Try it
A line qualifies if it holds the string "AllocError". Copy every qualifying line from the records.

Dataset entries
§
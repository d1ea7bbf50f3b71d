//! Calls that get past a profile, or are stopped by it, by bits that the kernel does not read. It is decided for each call, by a walk through
//! its arguments.
mod calls;
mod law;
mod named;
mod on_call;
mod past;
mod sides;

pub use calls::{AllPast, all_past};
pub use law::alike_calls_go_equally_far;
pub use on_call::past_on;
pub use past::Past;
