//! Profiles that say together what several say: the laxest or the strictest verdict of theirs on each call record.
#![tactic(auto)]

mod bundles;
mod calls;
mod judged;
mod product;
mod samples;
mod unlike;
mod walked;
mod way;

pub use bundles::{Unjudged, if_together, profiles_of};
pub use judged::{Unsettled, judge};
pub use unlike::Unlike;
pub use way::{Way, laxest};
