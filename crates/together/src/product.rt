//! What two sides say together.
ghost use Rattle.std.specs.Prelude.{◌≡◌, ◌++◌, ◌∷◌, [], ℕ, IfOk, IfSome, if◌then◌else◌};
ghost use Rattle.differ.specs.Left.{are_met, side_says};
ghost use Rattle.together.specs.inner.Walked.{SaysAll};
ghost use Rattle.together.specs.Word.{word_of};

use crate::way::{Way, word_of};
use call_record::Word;
use differ::{Call, Part, Rest, Side, add_rest, side_of};
use profile::Profile;
use std::alloc::{AllocError, Global};

// The verdict that counts of one.
fn of_one(alloc: Global, way: Way, word: Word) -> Result<Word, AllocError>
    ensures { IfOk result (λ counts. counts ≡ word_of way (word ∷ [])) }
{
    let mut words = Vec::new(alloc);
    words.push(word)?;
    Ok(word_of(way, words))
}

// The verdict that counts of two.
fn of_two(alloc: Global, way: Way, older: Word, newer: Word) -> Result<Word, AllocError>
    ensures { IfOk result (λ word. word ≡ word_of way (older ∷ newer ∷ [])) }
{
    let mut words = Vec::new(alloc);
    words.push(older)?;
    words.push(newer)?;
    Ok(word_of(way, words))
}

// The parts of two rules.
fn both(alloc: Global, these: &[Part], those: &[Part]) -> Result<Vec<Part>, AllocError>
    ensures { IfOk result (λ parts. parts.items ≡ these.now ++ those.now) }
{
    let mut parts = Vec::from_slice(alloc, these)?;
    parts.extend_from_slice(those)?;
    Ok(parts)
}

// Adds what is said where these parts are met: what counts of what a side says and of a verdict.
fn add_under(
    alloc: Global,
    way: Way,
    made: &mut Side,
    one: &Side,
    parts: &[Part],
    word: Word,
) -> Result<(), AllocError>
    ensures { IfOk result (λ _. (a : ℕ → ℕ)
        → side_says made.new a ≡ (if are_met parts.now a then word_of way (side_says one.now a ∷ word ∷ []) else side_says made.old a)) }
{
    let last = of_two(alloc, way, one.last, word)?;
    let under = Vec::from_slice(alloc, parts)?;
    add_rest(
        made,
        Rest {
            parts: under,
            word: last,
        },
    )?;
    for rest in &one.rules {
        let parts = both(alloc, parts, &rest.parts)?;
        let word = of_two(alloc, way, rest.word, word)?;
        add_rest(made, Rest { parts, word })?;
    }
    Ok(())
}

// A side that says what counts of what one says.
fn alone(alloc: Global, way: Way, one: &Side) -> Result<Side, AllocError>
    ensures { IfOk result (λ made. (a : ℕ → ℕ) → side_says made a ≡ word_of way (side_says one.now a ∷ [])) }
{
    let mut made = Side {
        rules: Vec::new(alloc),
        last: of_one(alloc, way, one.last)?,
    };
    for rest in &one.rules {
        let parts = Vec::from_slice(alloc, &rest.parts)?;
        let word = of_one(alloc, way, rest.word)?;
        add_rest(&mut made, Rest { parts, word })?;
    }
    Ok(made)
}

// A side that says what counts of what two sides say.
fn times(alloc: Global, way: Way, one: &Side, other: &Side) -> Result<Side, AllocError>
    ensures { IfOk result (λ made. (a : ℕ → ℕ) → side_says made a ≡ word_of way (side_says one.now a ∷ side_says other.now a ∷ [])) }
{
    let mut made = Side {
        rules: Vec::new(alloc),
        last: other.last,
    };
    add_under(alloc, way, &mut made, one, &[], other.last)?;
    for rest in &other.rules {
        add_under(alloc, way, &mut made, one, &rest.parts, rest.word)?;
    }
    Ok(made)
}

// What a profile and others say together of the records of a call.
fn together_with(
    alloc: Global,
    way: Way,
    first: &Profile,
    others: &[Profile],
    call: &Call,
) -> Result<Side, AllocError>
    ensures { IfOk result (SaysAll way (first.now ∷ others.now) call.now) }
{
    let own = side_of(alloc, first, call.token, call.nr)?;
    let mut made = alone(alloc, way, &own)?;
    for profile in others {
        let own = side_of(alloc, profile, call.token, call.nr)?;
        made = times(alloc, way, &made, &own)?;
    }
    Ok(made)
}

/// What profiles say together of the records of a call; `None` if there are no profiles.
pub(crate) fn together_on(
    alloc: Global,
    way: Way,
    profiles: &[Profile],
    call: &Call,
) -> Result<Option<Side>, AllocError>
    ensures { IfOk result (λ found. IfSome found (SaysAll way profiles.now call.now)) }
{
    let [first, others @ ..] = profiles else {
        return Ok(None);
    };
    let made = together_with(alloc, way, first, others, call)?;
    Ok(Some(made))
}
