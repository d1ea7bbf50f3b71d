//! Bundles of narrowed profiles: they compare of each argument what a kernel reads of it, and nothing else. Each entry that is
//! written in parts is told with its place. The module `unread_bits` tells which calls get past a profile by bits that no kernel reads.
#![tactic(auto)]

mod arguments;
mod conditions;
mod entries;
mod linux_arguments;
mod narrowing;
mod plans;
mod text;
mod told;
mod unread_bits;
mod written;

pub use arguments::{Reading, cut_bits, read_bits, readings};
pub use narrowing::{
    CutError, WHOLE, add_narrowed, cleared, cleared_is_alike, is_narrowed, narrowed, sees_low,
    suit_call, suits,
};
pub use text::Text;
pub use told::{Narrowing, narrow};
pub use unread_bits::{AllPast, Past, alike_calls_go_equally_far, all_past, past_on};
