//! The local record of a file system, and the versions of blocks that are known.
#![tactic(auto)]

mod known;
mod laws;
mod life;
mod lives;
mod reading;
mod state;
mod triple;
mod writing;

pub use known::{Known, Spent};
pub use laws::{mark_stands_at_19, one_reading};
pub use life::Life;
pub use reading::{comes_after, decode, flag_of, known_of, least_of, name_of};
pub use state::{Form, State, StateError, key_digest};
pub use triple::Triple;
pub use writing::{MAGIC_LEN, MAGIC_NEWER, MARK_PLACE, encode, encode_form1};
§
Solution for this exercise
use std::alloc::{AllocError, Global};
fn of_one(alloc: Global, way: Way, word: Word) -> Result<Word, AllocError>
fn of_two(alloc: Global, way: Way, older: Word, newer: Word) -> Result<Word, AllocError>
fn both(alloc: Global, these: &[Part], those: &[Part]) -> Result<Vec<Part>, AllocError>
) -> Result<(), AllocError>
fn alone(alloc: Global, way: Way, one: &Side) -> Result<Side, AllocError>
fn times(alloc: Global, way: Way, one: &Side, other: &Side) -> Result<Side, AllocError>
) -> Result<Side, AllocError>
) -> Result<Option<Side>, AllocError>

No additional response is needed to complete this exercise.